** WHAT THIS TASK INVOLVES **
Within the records below, filter for lines carrying the word "there" and copy them.

** AVAILABLE RECORDS **
--- START ---

//! Mosaics of small tiles. Numbers are in stored order: the bottom line first.
ghost use Rattle.std.specs.Prelude.{◌≡◌, ◌≢◌, ℕ, ◌<◌, ◌≤◌, IfOk};
ghost use Rattle.leaf_store.specs.Store.{value_at};
ghost use Rattle.tile_pixels.specs.Tile.{HasShape};
ghost use Rattle.allsky_mosaic.specs.Tiles.{AreOfOrder3, IsMosaic, order_3, leaf_map};

use crate::squares::{self, B};
use allsky_mosaic::{patch, whole};
use leaf_store::Store;
use parent_rule::Depth;
use std::alloc::{AllocError, Global};
use std::process::Abort;
use std::sync::Arc;
use std::test::Fail;
use std::thread::Threads;
use tile_pixels::Tile;

// Appends a line of twice as many numbers, which repeats two.
fn push_line(numbers: &mut Vec<i16>, pairs: u32, left: i16, right: i16) -> Result<(), AllocError> {
    for _ in 0..pairs {
        numbers.push(left)?;
        numbers.push(right)?;
    }
    Ok(())
}

// A tile of `2^n` columns and lines that repeats four numbers: top left, top right, bottom left, bottom right.
fn tile(alloc: Global, depth: Depth, n: u8, four: &[i16; 4]) -> Result<Arc<Tile>, Fail>
    requires least_n { 1 ≤ n }
    requires greatest_n { n ≤ 9 }
    ensures { IfOk result (λ tile. HasShape tile.value depth n) }
{
    let [top_left, top_right, bottom_left, bottom_right] = *four;
    let half = 1u32 << (n - 1);
    let mut numbers = Vec::new(alloc);
    for _ in 0..half {
        push_line(&mut numbers, half, bottom_left, bottom_right)?;
        push_line(&mut numbers, half, top_left, top_right)?;
    }
    let tile = squares::tile(alloc, depth, n, &numbers)?;
    Ok(Arc::new(alloc, tile)?)
}

// Tiles of order 3.
fn tiles(alloc: Global, depth: Depth, n: u8, cells: &[(u64, [i16; 4])]) -> Result<Store<Tile>, Fail>
    requires least_n { 1 ≤ n }
    requires greatest_n { n ≤ 9 }
    ensures { IfOk result (λ tiles. AreOfOrder3 depth n tiles) }
{
    let mut store = Store::new(alloc);
    for (cell, four) in cells {
        store.put(cell % 768, tile(alloc, depth, n, four)?)?;
    }
    Ok(store)
}

fn depth() -> Option<Depth> {
    Depth::new(16, i64::from(B))
}

// The number at a place, blank where there is none.
fn wanted_at(numbers: &[(usize, i16)], place: usize) -> i16 {
    for (at, number) in numbers {
        if *at == place {
            return *number;
        }
    }
    B
}

// Whether the mosaic has these numbers at these places, and is blank elsewhere.
fn has_numbers(raw: &[u8], numbers: &[(usize, i16)]) -> bool {
    for (place, bytes) in raw.chunks_exact(2).enumerate() {
        if bytes != wanted_at(numbers, place).to_be_bytes().as_slice() {
            return false;
        }
    }
    raw.len() == 2 * 54 * 58
}

// Tiles have a mosaic.
fn mosaic<R: Threads + Sync>(
    rt: &R,
    alloc: Global,
    depth: Depth,
    n: u8,
    tiles: &Store<Tile>,
) -> Result<Vec<u8>, Fail>
    requires least_n { 1 ≤ n }
    requires greatest_n { n ≤ 9 }
    requires tiles { AreOfOrder3 depth n tiles.now }
    ensures { IfOk result (λ raw. IsMosaic depth n (order_3 depth n) (leaf_map tiles.now) raw.items) }
{
    match whole(rt, alloc, depth, n, tiles)? {
        Some(raw) => Ok(raw),
        None => Err(Fail::from("no mosaic")),
    }
}

// The mosaic of these tiles of `2^n` columns.
fn mosaic_of<R: Threads + Sync>(
    rt: &R,
    alloc: Global,
    n: u8,
    cells: &[(u64, [i16; 4])],
) -> Result<Vec<u8>, Fail> {
    let depth = depth().ok_or("no depth")?;
    if n < 1 || n > 9 {
        return Err("no such tiles".into());
    }
    let tiles = tiles(alloc, depth, n, cells)?;
    mosaic(rt, alloc, depth, n, &tiles)
}

// Whether the mosaic of these tiles of two columns has these numbers at these places.
fn shows<R: Threads + Sync>(
    rt: &R,
    alloc: Global,
    cells: &[(u64, [i16; 4])],
    numbers: &[(usize, i16)],
) -> Result<bool, Fail> {
    let raw = mosaic_of(rt, alloc, 1, cells)?;
    Ok(has_numbers(&raw, numbers))
}

// Whether no tile has no mosaic.
fn shows_none<R: Threads + Sync>(rt: &R, alloc: Global) -> Result<bool, Fail> {
    let depth = depth().ok_or("no depth")?;
    Ok(whole(rt, alloc, depth, 1, &Store::new(alloc))?.is_none())
}

static LAST: [(u64, [i16; 4]); 1] = [(767, [9, B, B, B])];

static SEVERAL: [(u64, [i16; 4]); 4] = [
    (0, [1, 2, 3, 4]),
    (26, [5, 6, 7, 8]),
    (27, [10, 11, 12, 13]),
    (767, [14, 15, 16, 17]),
];

// Where the numbers of several are.
static PLACES: [(usize, i16); 16] = [
    (3078, 1),
    (3079, 2),
    (3024, 3),
    (3025, 4),
    (3130, 5),
    (3131, 6),
    (3076, 7),
    (3077, 8),
    (2970, 10),
    (2971, 11),
    (2916, 12),
    (2917, 13),
    (76, 14),
    (77, 15),
    (22, 16),
    (23, 17),
];

#[test]
fn shows_tiles_of_two_columns(rt: HostRuntime) -> Result<(), Fail> {
    assert!(rt; shows_none(&rt, rt.alloc())?, "no tile");
    assert!(rt; shows(&rt, rt.alloc(), &LAST, &[(76, 9)])?, "the last");
    assert!(rt; shows(&rt, rt.alloc(), &SEVERAL, &PLACES)?, "several");
    Ok(())
}

// The number at a place of a mosaic of 1,728 columns.
fn number(raw: &[u8], column: usize, up: usize) -> Option<i16> {
    let start = up
        .saturating_mul(1728)
        .saturating_add(column)
        .saturating_mul(2);
    match raw.get(start..start.saturating_add(2)) {
        Some([high, low]) => Some(i16::from_be_bytes([*high, *low])),
        _ => None,
    }
}

// A column, a line from the bottom, and the number there.
type Place = (usize, usize, i16);

// Whether the mosaic of these tiles of `2^n` columns, which are shown with 64, has these numbers.
fn shows_large<R: Threads + Sync>(
    rt: &R,
    alloc: Global,
    (n, cells, places): &LargeRow,
) -> Result<bool, Fail> {
    let raw = mosaic_of(rt, alloc, *n, cells)?;
    Ok(has_places(&raw, places))
}

fn has_places(raw: &[u8], places: &[Place]) -> bool {
    for (column, up, wanted) in places {
        if number(raw, *column, *up) != Some(*wanted) {
            return false;
        }
    }
    raw.len() == 2 * 1728 * 1856
}

// Cell 28 is in row 1 and column 1: columns 64 to 127, lines 1,728 to 1,791 from the bottom. Places within it, which have
// number 3, and outside it.
const ALL_3: [Place; 11] = [
    (64, 1728, 3),
    (127, 1728, 3),
    (64, 1791, 3),
    (127, 1791, 3),
    (90, 1750, 3),
    (63, 1728, B),
    (128, 1728, B),
    (64, 1727, B),
    (64, 1792, B),
    (0, 0, B),
    (1727, 1855, B),
];

// The same with number 5.
const ALL_5: [Place; 11] = [
    (64, 1728, 5),
    (127, 1728, 5),
    (64, 1791, 5),
    (127, 1791, 5),
    (90, 1750, 5),
    (63, 1728, B),
    (128, 1728, B),
    (64, 1727, B),
    (64, 1792, B),
    (0, 0, B),
    (1727, 1855, B),
];

// Cells 0, 28, 500 and 767 of 64 columns and lines are in rows 0, 1, 18 and 28 and in columns 0, 1, 14 and 11. The mean of -1
// and -2 is rounded up.
const CORNERS: [Place; 12] = [
    (0, 1792, 3),
    (63, 1855, 3),
    (64, 1792, B),
    (64, 1728, 5),
    (127, 1791, 5),
    (0, 1791, B),
    (896, 640, -1),
    (959, 703, -1),
    (896, 639, B),
    (704, 0, 7),
    (767, 63, 7),
    (768, 0, B),
];

// n of tiles of `2^n` columns, the tiles, and numbers of their mosaic.
type LargeRow = (u8, &'static [(u64, [i16; 4])], &'static [Place]);

static LARGE: [LargeRow; 4] = [
    (6, &[(28, [3, 3, 3, 3])], &ALL_3),
    (7, &[(28, [1, 2, 3, 5])], &ALL_3),
    (8, &[(28, [4, B, B, 6])], &ALL_5),
    (
        9,
        &[
            (0, [1, 2, 3, 5]),
            (28, [4, B, B, 6]),
            (500, [-1, -2, B, B]),
            (767, [7, 7, 7, B]),
        ],
        &CORNERS,
    ),
];

#[test]
fn halves_larger_tiles(rt: HostRuntime) -> Result<(), Fail> {
    for row in &LARGE {
        assert!(rt; shows_large(&rt, rt.alloc(), row)?, "n {}", row.0);
    }
    Ok(())
}

// Puts a tile of two columns, or takes it out.
fn change(
    alloc: Global,
    depth: Depth,
    tiles: &mut Store<Tile>,
    cell: u64,
    four: Option<[i16; 4]>,
) -> Result<(), Fail>
    requires cell { cell < 768 }
    requires tiles { AreOfOrder3 depth 1 tiles.old }
    ensures tiles { IfOk result (λ _. AreOfOrder3 depth 1 tiles.new) }
    ensures others { (other : ℕ) → other ≢ cell → value_at other tiles.new ≡ value_at other tiles.old }
{
    match four {
        Some(four) => {
            let tile = tile(alloc, depth, 1, &four)?;
            tiles.put(cell, tile)?;
            Ok(())
        }
        None => {
            tiles.remove(cell)?;
            Ok(())
        }
    }
}

// Whether the mosaic after a change, made of the one before it, has these numbers at these places; there is none where no
// tile is left.
fn is_patched<R: Threads + Sync>(
    rt: &R,
    alloc: Global,
    depth: Depth,
    tiles: &mut Store<Tile>,
    row: &Change,
) -> Result<bool, Fail>
    requires tiles { AreOfOrder3 depth 1 tiles.old }
    ensures { IfOk result (λ _. AreOfOrder3 depth 1 tiles.new) }
{
    let (cell, four, numbers) = row;
    let cell = cell % 768;
    let old = mosaic(rt, alloc, depth, 1, tiles)?;
    change(alloc, depth, tiles, cell, *four)?;
    match patch(alloc, depth, 1, &old, &[cell], tiles)? {
        Some(raw) => Ok(has_numbers(&raw, numbers)),
        None => Ok(numbers.is_empty()),
    }
}

// Makes the changes, one after the other.
fn check_changes<R: Threads + Sync + Abort>(
    rt: &R,
    alloc: Global,
    depth: Depth,
    tiles: &mut Store<Tile>,
) -> Result<(), Fail>
    requires { AreOfOrder3 depth 1 tiles.old }
{
    for change in &CHANGES {
        let patched = is_patched(rt, alloc, depth, tiles, change)?;
        assert!(rt; patched, "cell {} as {:?}", change.0, change.1);
    }
    Ok(())
}

// The tiles before the changes.
static OPENING: [(u64, [i16; 4]); 1] = [(767, [14, 15, 16, 17])];

#[test]
fn patches_what_changed(rt: HostRuntime) -> Result<(), Fail> {
    let depth = depth().ok_or("no depth")?;
    let mut store = tiles(rt.alloc(), depth, 1, &OPENING)?;
    check_changes(&rt, rt.alloc(), depth, &mut store)
}

// A cell, its new tile or none, and where numbers are then.
type Change = (u64, Option<[i16; 4]>, &'static [(usize, i16)]);

static CHANGES: [Change; 4] = [
    (
        26,
        Some([5, 6, 7, 8]),
        &[
            (3130, 5),
            (3131, 6),
            (3076, 7),
            (3077, 8),
            (76, 14),
            (77, 15),
            (22, 16),
            (23, 17),
        ],
    ),
    (
        767,
        Some([9, B, B, 2]),
        &[(3130, 5), (3131, 6), (3076, 7), (3077, 8), (76, 9), (23, 2)],
    ),
    (26, None, &[(76, 9), (23, 2)]),
    (767, None, &[]),
];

--- END ---

** EXERCISE RESPONSE **
// The number at a place, blank where there is none.
// A column, a line from the bottom, and the number there.
// Whether the mosaic after a change, made of the one before it, has these numbers at these places; there is none where no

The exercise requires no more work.